En nuestro país también algunas las escritoras decidieron esconderse tras un seudónimo masculino. La más conocida fue Cecilia Böhl Von Faber Larrea, alias Fernán Caballero. Esta española nacida en Suiza, pasó buena parte de su vida en Andalucía y contrajo matrimonio en tres ocasiones (la última de ellas con gran escándalo, porque el novio era trece años más joven que ella), lo que la hizo objeto de no pocas críticas, incluso por parte de su madre. Cecilia fue educada por su padre de la forma más esmerada posible, que, sin embargo, no veía con buenos ojos que su hija escribiera, hasta el punto de que le rompía los manuscritos, aconsejándole y que no perdiera el tiempo en hacer cosas de hombres. Sin embargo, su madre, Frasquita Larrea mujer muy conservadora y crítica con la conducta personal de su hija, la apoyó sin fisuras en su carrera profesional, llegando a prestarse a ser su copista y haciendo cuanto fuera necesario para darla a conocer. Y es que Frasquita fue una gran impulsora de la cultura, llegando a tener en Cádiz una tertulia reconocida por Pérez Galdós en Los Episodios Nacionales. En la época en la que vive Cecilia Böhl había mujeres que escribían con su nombre (mi paisana Carolina Coronado fue una de las más reconocidas), sin embargo ella prefirió ocultarse bajo un nombre masculino pensando que así obtendría más respeto y consideración. ¿Por qué escogió el nombre de un pueblo de Ciudad Real? Según la escritora cuando se vio en la obligación de publicar, la que sería su obra más conocida, La Gaviota «(...)cogí unos periódicos que había sobre la mesa para buscar un nombre cualquiera que pudiese evitar al mío propio el salir a la vergüenza pública, y encontré la relación de un asesinato cometido en un pueblecillo de la Mancha llamado Fernán Caballero (...) Gustóme ese nombre por su sabor antiguo y caballeresco, y sin titubear un momento lo envié a Madrid, trocando para el público, mis modestas faldas de Cecilia por los castizos calzones de Fernán Caballero». Autora conservadora, costumbrista, monárquica y tradicional, el público creyó durante muchos años que realmente se trataba de un escritor y sus obras tuvieron buena acogida en su momento.

También Caterina Albert, una de las primeras mujeres que escribió en catalán, optó por adoptar un seudónimo masculino, y lo hizo después de presentarse a unos juegos florales al inicio de su carrera.

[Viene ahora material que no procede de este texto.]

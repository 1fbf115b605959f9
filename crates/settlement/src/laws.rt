//! Laws of the definitions, each the contract of a function that does nothing.

ghost use Rattle.settlement.specs.Laws.{LawOfRightMoney};

/// A settlement at the prices of its duals is what a right answer says of units, loads, rents and surplus.
pub fn money_is_right()
    ensures { LawOfRightMoney }
{}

Una de las obras que presentó era un monólogo titulado La infanticida, trataba de una chica explotada por la sociedad, que decide matar a la niña que ha parido, por el miedo que siente a que su padre se entere de que ha sido deshonrada. Cuando el jurado descubrió que el autor era una mujer, se montó un escándalo de padre y señor mío, lo que la llevó adoptar el nombre de Víctor Catalá para siempre y es que, según algunos, determinados temas sólo podían ser narrados por hombres. La escritora explicó sus motivos de la siguiente forma: «Cuando supieron que el autor era una mujer, el escándalo fue sonado. No les parecía correcto que yo pudiera explicar la historia de un infanticidio. ¿Acaso la obra de un artista puede tener límites? No creo que unas normas morales puedan frenarla. Creo que es básico defender la independencia del arte. Gracias a esta independencia he podido ser fiel a mi vocación, una vocación en la que todo el mundo habría querido intervenir».

Un caso diferente y muy llamativo en cuanto al empleo de nombre masculino es el de la americana Lionel Shriver. Bautizada como Margaret Ann nació en el seno de una familia profundamente religiosa y a los quince años decidió cambiarse el nombre a Lionel. No se ha presentado como hombre, pero cuando escuché hablar por primera vez de su novela, Tenemos que hablar de Kevin, pensé que lo era. Siendo su elección libre y no obedeciendo a cuestiones de oportunidad de ventas, visibilidad o respeto, se aleja del resto. Un nombre no debería ser una carga, ni un freno o una forma de amparase del qué dirán. Un nombre no debería ser más que una manera de reconocerse una misma.